Baldwin showed me on the big parchment rolls that in the past year the sheriff’s taxmen had requisitioned from me six milk cows; a dozen black pigs; a pair of oxen; two riding horses; eighteen bushels of wheat; twelve bushels of barley; three of rye; five big round yellow cheeses, and, of course, twenty-six marks of sterling silver. As the rolls proclaimed, Westbury was near destitute. Almost its entire portable wealth was now in the sheriff’s hands – and still, Baldwin told me, he was demanding more.
I had heard, even down in the war-torn County of Toulouse, that the King was squeezing the country like a ripe plum in his greedy fist, and I had even expected that, as a knight, I might have to pay a small amount to the crown for my lands. But I had not foreseen this pillaging of my goods and chattels.
Baldwin tried to give me comfort. ‘Sir, you are not alone. Most of the knights in the north – even the great barons – have suffered in the same way. I dare say all over the country there are good men doing as we are and looking with dismay at their rolls and wondering how they shall maintain their dignity over the coming year.’
It was not much comfort, to be honest. Westbury was penniless, I was near enough a beggar for all my title and lands, and the sheriff wanted more.
Baldwin looked as if he would weep at any moment, so I hid my growing anger.
‘Calm yourself, Baldwin,’ I said. ‘If the sheriff’s men return we will defy them.

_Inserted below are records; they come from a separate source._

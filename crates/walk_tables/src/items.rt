//! What is left to do at each point of a function, as cells that share what they have in common.
ghost use Rattle.std.specs.Prelude.{◌≡◌, ◌∷◌, [], length, slice_get, IfOk};
ghost use Rattle.walk_tables.specs.Cells.{cells, item_at};

use bs_words::{Name, Ty};
use cmm_tree::{Binding, Case, Expr, Handler, Label};
use std::alloc::{AllocError, Global};

/// What a walk does, and reports.
#[derive(Clone, Copy)]
pub enum Action {
    /// Something is bound to a slot, at this place: an address or not.
    Binds {
        /// The number of the slot, from 0 on.
        slot: usize,
        /// Whether what is bound is an address.
        address: bool,
        /// The place of what is bound, in bytes from the start of the text.
        at: u32,
    },
    /// What is in a slot is used, at this place.
    Uses {
        /// The number of the slot, from 0 on.
        slot: usize,
        /// The place of what uses it, in bytes from the start of the text.
        at: u32,
    },
    /// A frame point.
    Passes {
        /// The place of the frame point, in bytes from the start of the text.
        at: u32,
    },
}

/// A name and the scope around it, or a task and the cell of those after it.
#[derive(Clone, Copy)]
pub enum Item<'a> {
    /// No name, and nothing left to do.
    Empty,
    /// A name in scope, which has this slot, and the cell of the scope around it.
    Named {
        /// The name.
        name: &'a Name,
        /// The type of its value.
        ty: Ty,
        /// Whether an assignment may change it.
        mutable: bool,
        /// The number of the slot that walks bind it to, from 0 on.
        slot: usize,
        /// The cell of the scope around it.
        outer: usize,
    },
    /// A walk does this, and then the rest.
    Does {
        /// What the walk does.
        action: Action,
        /// The cell of what is done after it.
        rest: usize,
    },
    /// An expression is evaluated in this scope, with the slots from this one on free.
    Evaluates {
        /// The cell of the scope in which it is evaluated.
        scope: usize,
        /// The number of the first slot that is free.
        slot: usize,
        /// The expression.
        expr: &'a Expr,
        /// The cell of what is done after it.
        rest: usize,
    },
    /// Bindings of a let, and then its body.
    Enters {
        /// The cell of the scope of the first of the bindings.
        scope: usize,
        /// The number of the first slot that is free, which the first of the bindings takes.
        slot: usize,
        /// The bindings that are left, in order.
        bindings: &'a [Binding],
        /// The body of the let.
        body: &'a Expr,
        /// The cell of what is done after the let.
        rest: usize,
    },
    /// One of two is evaluated.
    Either {
        /// The cell of the scope in which either is evaluated.
        scope: usize,
        /// The number of the first slot that is free.
        slot: usize,
        /// What is evaluated where the condition is true.
        on_true: &'a Expr,
        /// What is evaluated where the condition is false.
        on_false: &'a Expr,
        /// The cell of what is done after it.
        rest: usize,
    },
    /// One of the cases is evaluated.
    OneOf {
        /// The cell of the scope in which each is evaluated.
        scope: usize,
        /// The number of the first slot that is free.
        slot: usize,
        /// The cases of the switch, in order.
        cases: &'a [Case],
        /// The cell of what is done after it.
        rest: usize,
    },
    /// A walk goes on with the rest, or raises.
    MayRaise {
        /// The cell of the rest, in which a raise finds its handler too.
        rest: usize,
    },
    /// A raise, which leads to the handler of the innermost try around it, if there is one.
    Raises {
        /// The cell of the rest, in which the raise finds its handler.
        rest: usize,
    },
    /// An exit leads to the handler of the label.
    Exits {
        /// The label of the exit.
        label: &'a Label,
        /// The cell of the rest, in which the exit finds its handler.
        rest: usize,
    },
    /// After the body of a catch, or one of its handlers, which begin at the cells from `first` on.
    Catches {
        /// The cell of the scope around the catch.
        scope: usize,
        /// The number of the first slot that is free around the catch.
        slot: usize,
        /// Whether this is after a handler, and not after the body.
        in_handler: bool,
        /// All handlers of the catch, in order.
        handlers: &'a [Handler],
        /// The cell of the first handler.
        first: usize,
        /// The cell of what is done after the catch.
        rest: usize,
    },
    /// A handler of a catch, and what is after the catch.
    Handler {
        /// The cell of the scope around the catch.
        scope: usize,
        /// The number of the first slot that is free, which the first parameter takes.
        slot: usize,
        /// All handlers of the catch, in order.
        handlers: &'a [Handler],
        /// The handler of this cell.
        own: &'a Handler,
        /// The cell of the first handler.
        first: usize,
        /// The cell of what is done after the catch.
        rest: usize,
    },
    /// After the body of a try, whose handler begins at the cell `entry`.
    Handles {
        /// The cell of the scope around the try.
        scope: usize,
        /// The number of the first slot that is free, which the name takes.
        slot: usize,
        /// The place of the name, in bytes from the start of the text.
        name_at: u32,
        /// The name that the handler has for the raised value.
        name: &'a Name,
        /// The expression that is evaluated after a raise.
        handler: &'a Expr,
        /// The cell to which a raise leads.
        entry: usize,
        /// The cell of what is done after the try.
        rest: usize,
    },
}

/// The cells of a function. Each is numbered by how many came before it. A slot in use is at most the
/// number of cells, since each slot before it has a cell; so numbers and slots have room for sums.
#[derive(Drop)]
pub struct Cells<'a> {
    items: Vec<Item<'a>>,
}

impl<'a> Cells<'a> {
    /// No cells. It takes no memory.
    pub fn new(alloc: Global) -> Self
        ensures { cells result ≡ [] }
    {
        Cells {
            items: Vec::new(alloc),
        }
    }

    /// The number of cells.
    pub fn len(&self) -> usize
        ensures { result ≡ length (cells self.now) }
    {
        self.items.len()
    }

    /// A further cell. The only error is want of memory.
    pub fn push(&mut self, item: Item<'a>) -> Result<usize, AllocError>
        ensures { IfOk result (λ cell. (cell ≡ length (cells self.old)) ×
            (cells self.new ≡ item.entry ∷ cells self.old)) }
    {
        let cell = self.items.len();
        self.items.push(item)?;
        Ok(cell)
    }

    /// The cell of this number.
    pub fn get(&self, cell: usize) -> Option<Item<'a>>
        ensures { result ≡ item_at (cells self.now) cell }
    {
        nth(self.items.as_slice(), cell)
    }
}

/// The item at an index, counted from 0, or none from the length on.
fn nth<'a>(items: &[Item<'a>], index: usize) -> Option<Item<'a>>
    ensures { result ≡ slice_get items.now index }
{
    items.get(index).copied()
}
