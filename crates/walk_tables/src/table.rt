//! The table of a function.
ghost use Rattle.std.specs.Prelude.{◌≡◌, ◌↔◌, ℕ, [], length, IfOk};
ghost use Rattle.bs_words.specs.Contents.{contents};
ghost use Rattle.cmm_tree.specs.View.{params_view, function_view};
ghost use Rattle.cmm_types.specs.Annotated.{IsAnnotated};
ghost use Rattle.cmm_types.specs.Types.{with_parameters};
ghost use Rattle.walk_tables.specs.AddrLive.{IsLiveIn};
ghost use Rattle.walk_tables.specs.Cells.{cells};
ghost use Rattle.walk_tables.specs.Made.{StandsForTasks, Filled};
ghost use Rattle.walk_tables.specs.Sound.{AreItemsSound};
ghost use Rattle.walk_tables.specs.Table.{AreLinked, LeadsToBinding};
ghost use Rattle.walk_tables.specs.Walks.{walk_tasks};

use crate::items::{Cells, Item};
use crate::node::Node;
use cmm_tree::Function;
use std::alloc::{AllocError, Global};

/// The table of a function: its nodes, and the one at which a walk begins.
#[derive(Drop)]
pub struct Table {
    /// The nodes, in the order of their numbers.
    pub nodes: Vec<Node>,
    /// The number of that node.
    pub entry: usize,
}

impl<'a> Cells<'a> {
    /// The cell at which a walk of the function begins.
    fn begin(&mut self, function: &'a Function) -> Result<usize, AllocError>
        ensures { IfOk result (λ cell. cells self.old ≡ [] →
            IsAnnotated (with_parameters (params_view
            (contents function.now.params)) []) function.now.body →
            StandsForTasks (cells self.new) cell (walk_tasks (function_view function.now))) }
    {
        let params = function.params.as_slice();
        let end = self.push(Item::Empty)?;
        let scope = self.with_slots(end, 0, params)?;
        let body = self.eval(scope, params.len(), &function.body, end)?;
        let cell = self.parameters_bound(0, params, body)?;
        Ok(cell)
    }

    /// The nodes of all cells, and of those that come with them.
    fn nodes(&mut self, alloc: Global) -> Result<Vec<Node>, AllocError>
        requires { AreItemsSound (cells self.old) }
        ensures { IfOk result (λ nodes.
            Filled (cells self.old) (cells self.new) nodes.items (length (cells self.new))) }
    {
        let mut nodes = Vec::new(alloc);
        while let Some(item) = self.get(nodes.len()) {
            let node = self.step(alloc, item)?;
            nodes.push(node)?;
        }
        Ok(nodes)
    }
}

/// The table of a function whose nodes hold their types. The only error is want of memory.
pub fn make_table(alloc: Global, function: &Function) -> Result<Table, AllocError>
    requires { IsAnnotated (with_parameters (params_view
        (contents function.now.params)) []) function.now.body }
    ensures linked { IfOk result (λ table. AreLinked table.nodes.items) }
    ensures live { IfOk result (λ table. (bound point used : ℕ) →
        IsLiveIn (function_view function.now) bound point used ↔ LeadsToBinding
        table.nodes.items bound point used table.entry) }
{
    let mut cells = Cells::new(alloc);
    let entry = cells.begin(function)?;
    let nodes = cells.nodes(alloc)?;
    Ok(Table { nodes, entry })
}
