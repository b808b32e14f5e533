//! What the lines of a run ask of those before them: how high the lines stand that depend on one.
ghost use Rattle.std.specs.Prelude.{◌≡◌, ◌+◌, ◌∷◌, [], List, cond, max, IfOk};
ghost use Rattle.bs_words.specs.declared.types.Loc.{Loc};
ghost use Rattle.lin_ir.specs.Meaning.{same_loc};
ghost use Rattle.schedule_rules.specs.Straight.{is_access, is_among_spots, is_store, weight_of_line, highest_after, Ranked};
ghost use Rattle.schedule.specs.Heights.{IsLater, greatest_at, height_at, height_of_number, number_of, ranked_as};

use crate::plain::{is_access, is_store, weight};
use bs_words::Loc;
use lin_ir::{LinOp, Line, Spot};
use std::alloc::{AllocError, Global};
use std::collections::BTreeMap;

/// A number for a location, if it has a place.
fn number_of(loc: Loc) -> Option<u64>
    ensures { result ≡ number_of loc }
{
    match loc {
        Loc::Unset => None,
        Loc::Machine(register) => Some(2 * u64::from(register)),
        Loc::Slot(slot) => Some(2 * u64::from(slot) + 1),
    }
}

/// The height where the condition holds, else 0.
fn height_if(condition: bool, height: u32) -> u32
    ensures { result ≡ cond condition height 0 }
{
    if condition { height } else { 0 }
}

/// For each location the height of a line, 0 where none is known.
#[derive(Drop)]
pub struct Heights {
    by_number: BTreeMap<u64, u32>,
}

impl Heights {
    fn none(alloc: Global) -> Self
        ensures { (l : Loc) → height_at result l ≡ 0 }
    {
        Heights {
            by_number: BTreeMap::new(alloc),
        }
    }

    fn of_number(&self, number: u64) -> u32
        ensures { result ≡ height_of_number self.now number }
    {
        match self.by_number.get(&number) {
            None => 0,
            Some(height) => *height,
        }
    }

    fn at(&self, loc: Loc) -> u32
        ensures { result ≡ height_at self.now loc }
    {
        match number_of(loc) {
            None => 0,
            Some(number) => self.of_number(number),
        }
    }

    /// The greatest height at one of these locations, 0 where there is none.
    fn greatest(&self, spots: &[Spot]) -> u32
        ensures { result ≡ greatest_at self.now spots.now }
    {
        let mut greatest = 0;
        for spot in spots {
            greatest = greatest.max(self.at(spot.loc));
        }
        greatest
    }

    /// The location has at least this height.
    fn raise(&mut self, loc: Loc, height: u32) -> Result<(), AllocError>
        ensures { IfOk result (λ _. (l : Loc) →
            height_at self.new l ≡ max (cond (same_loc loc l) height 0) (height_at self.old l)) }
    {
        match number_of(loc) {
            None => Ok(()),
            Some(number) => {
                let height = height.max(self.of_number(number));
                self.by_number.insert(number, height)?;
                Ok(())
            }
        }
    }

    /// Each of these locations has at least this height.
    fn raise_all(&mut self, spots: &[Spot], height: u32) -> Result<(), AllocError>
        ensures { IfOk result (λ _. (l : Loc) → height_at self.new l
            ≡ max (cond (is_among_spots l spots.now) height 0) (height_at self.old l)) }
    {
        for spot in spots {
            self.raise(spot.loc, height)?;
        }
        Ok(())
    }
}

/// The greatest heights of the later lines of a run, by what they do. These are all that the height of
/// a line before them depends on.
#[derive(Drop)]
pub struct Later {
    /// Of those that read a location.
    read: Heights,
    /// Of those that write it.
    written: Heights,
    /// Of loads and stores.
    access: u32,
    /// Of stores.
    store: u32,
}

impl Later {
    /// No line comes later.
    pub fn none(alloc: Global) -> Self
        ensures { IsLater [] result }
    {
        Later {
            read: Heights::none(alloc),
            written: Heights::none(alloc),
            access: 0,
            store: 0,
        }
    }

    /// The greatest height of those that depend on a line by memory.
    fn highest_in_memory(&self, op: &LinOp) -> u32
        ensures { result ≡ max (cond (is_store op.now) self.now.access 0)
            (cond (is_access op.now) self.now.store 0) }
    {
        let stores = height_if(is_store(op), self.access);
        stores.max(height_if(is_access(op), self.store))
    }

    /// The greatest height of those that depend on a line, 0 where none does.
    fn highest(&self, line: &Line) -> u32
        ensures { (rs : List Ranked) → IsLater rs self.now → result ≡ highest_after line.now rs }
    {
        let args = line.args.as_slice();
        let results = line.results.as_slice();
        let reads = self.read.greatest(results);
        let writes = self
            .written
            .greatest(args)
            .max(self.written.greatest(results));
        reads.max(writes).max(self.highest_in_memory(&line.op))
    }

    /// The height of a line right before them. A height that has no number of 32 bits is want of
    /// memory: there would be a thousand million lines.
    pub fn height_of(&self, line: &Line) -> Result<u32, AllocError>
        ensures { IfOk result (λ height. (rs : List Ranked) → IsLater rs self.now →
            height ≡ weight_of_line line.now.op + highest_after line.now rs) }
    {
        weight(&line.op)
            .checked_add(self.highest(line))
            .ok_or(AllocError)
    }

    /// Adds a line that stands right before them.
    pub fn put(&mut self, line: &Line, height: u32) -> Result<(), AllocError>
        ensures { IfOk result (λ _. (rs : List Ranked) → IsLater rs self.old →
            IsLater (ranked_as line.now height ∷ rs) self.new) }
    {
        self.read.raise_all(line.args.as_slice(), height)?;
        self.written.raise_all(line.results.as_slice(), height)?;
        self.access = height_if(is_access(&line.op), height).max(self.access);
        self.store = height_if(is_store(&line.op), height).max(self.store);
        Ok(())
    }
}
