//! The table of what a walk does: numbered nodes, each with an event and the nodes that may come next.
ghost use Rattle.std.specs.Prelude.{◌≡◌, ◌∷◌, []};
ghost use Rattle.walk_tables.specs.Cells.{event_of};
ghost use Rattle.walk_tables.specs.Table.{shown, next_cells};
ghost use Rattle.walk_tables.specs.declared.node.Step.TheVariants as steps;

use crate::items::Action;

/// What a walk does at a node.
#[derive(Clone, Copy)]
pub enum Step {
    /// No event.
    Quiet,
    /// Something is bound to a slot, at this place: an address or not.
    Binds {
        /// The number of the slot, from 0 on.
        slot: usize,
        /// Whether what is bound is an address.
        address: bool,
        /// The place of what is bound, in bytes from the start of the text.
        at: u32,
    },
    /// What is in a slot is used, at this place.
    Uses {
        /// The number of the slot, from 0 on.
        slot: usize,
        /// The place of what uses it, in bytes from the start of the text.
        at: u32,
    },
    /// A frame point.
    Passes {
        /// The place of the frame point, in bytes from the start of the text.
        at: u32,
    },
}

/// The nodes that may come next, by number. Most nodes have one or two, which need no memory of their own.
/// Two are an array, so that all forms are lent as a slice, and definitions see one list.
#[derive(Drop)]
pub enum Next {
    /// None: a walk ends there.
    Nowhere,
    /// The node of that number.
    One(usize),
    /// An array, so that both can be lent as a slice.
    Two([usize; 2]),
    /// Any number of nodes, as after a switch.
    Any(Vec<usize>),
}

impl Next {
    /// The nodes, in order.
    pub fn as_slice(&self) -> &[usize]
        ensures { result.now ≡ next_cells self.now }
    {
        match self {
            Next::Nowhere => &[],
            Next::One(cell) => std::slice::from_ref(cell),
            Next::Two(cells) => cells,
            Next::Any(cells) => cells.as_slice(),
        }
    }
}

/// One node: what a walk does there, and the numbers of the nodes that may come next.
#[derive(Drop)]
pub struct Node {
    /// What a walk does there.
    pub step: Step,
    /// The nodes that may come next.
    pub next: Next,
}

fn step_of(action: Action) -> Step
    ensures { shown result ≡ event_of action ∷ [] }
{
    match action {
        Action::Binds { slot, address, at } => Step::Binds { slot, address, at },
        Action::Uses { slot, at } => Step::Uses { slot, at },
        Action::Passes { at } => Step::Passes { at },
    }
}

/// A node with this event, with one node after it.
pub fn telling(action: Action, cell: usize) -> Node
    ensures { (shown result.step ≡ event_of action ∷ []) × (next_cells result.next ≡ cell ∷ []) }
{
    Node {
        step: step_of(action),
        next: Next::One(cell),
    }
}

/// A node without an event, with no node after it.
pub fn last() -> Node
    ensures { (result.step ≡ steps.Quiet) × (next_cells result.next ≡ []) }
{
    Node {
        step: Step::Quiet,
        next: Next::Nowhere,
    }
}

/// A node without an event, with one node after it.
pub fn quiet(cell: usize) -> Node
    ensures { (result.step ≡ steps.Quiet) × (next_cells result.next ≡ cell ∷ []) }
{
    Node {
        step: Step::Quiet,
        next: Next::One(cell),
    }
}

/// The same with two nodes after it.
pub fn forked(first: usize, second: usize) -> Node
    ensures { (result.step ≡ steps.Quiet) × (next_cells result.next ≡ first ∷ second ∷ []) }
{
    Node {
        step: Step::Quiet,
        next: Next::Two([first, second]),
    }
}

/// A node without an event, with these nodes after it.
pub fn any_of(next: Vec<usize>) -> Node
    ensures { (result.step ≡ steps.Quiet) × (next_cells result.next ≡ next.items) }
{
    Node {
        step: Step::Quiet,
        next: Next::Any(next),
    }
}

Tomorrow or the next day, Sir Thomas Blood will be arriving with two dozen good fighting men and the carts and baggage. Once they are installed at Westbury, we will shut the gates in their faces and dare them to attack. My men have fought halfway across Europe; they will not be cowed by a few Nottingham Castle braggarts. I’ll warrant that if needs must we can hold this place against them till Judgement Day.’
The look of relief on Baldwin’s face warmed my soul.
‘They have only preyed on us because all the fighting men were away,’ I said, slapping the old fellow on his thin shoulder. ‘They thought we were weak. Maybe we were. We are not now. I’m here to stay and I swear that they shall not have another penny, not a slice of bread from me, not a cup of stale ale. Rest easy, old friend.’
‘But in the meantime, sir, how shall we eat…’
‘Sir Thomas is bringing stores with him – rough-and-ready travelling fare, twice-baked bread, hard cheese and some wine. It will serve for now, and Thomas has silver, too. Enough to replace the farm beasts, at the very least. We shall not starve, Baldwin, never you fear. And I will ride to Kirkton tomorrow to consult with my lord of Locksley. He will know what to do.’
I rode north with young Robert the next morning. It was a fine fair spring day, sunny but brisk, with a blue sky garlanded with wisps of cloud. Robert was in a fine tearing mood, galloping ahead of me on the dry road, causing his horse to rear, then circling back to urge me to greater speed. He was proud of his riding skills, as well he might be, for they were excellent for a lad his age. But we took our time, walking the horses often to rest them and discoursing happily in the saddle about my adventures in the south and Robert’s fancies and dreams. It was approaching dusk as we rode up the steep track from the Locksley Valley to the castle of Kirkton high above.
We rode past the church of St Nicholas and I nodded courteously at the ancient priest, half-dozing on a bench in the evening sunshine on the south side of the house of God, which overlooked the valley. The old man lifted a hand in blessing but did not move, and Robert and I made our way quietly past him through to the little graveyard and up the gentle slope to the castle’s wooden walls. We were admitted without fanfare by the porters, who seemed uninterested in the two dusty arrivals. Once inside the gates, I saw that we had arrived in the middle of a celebration.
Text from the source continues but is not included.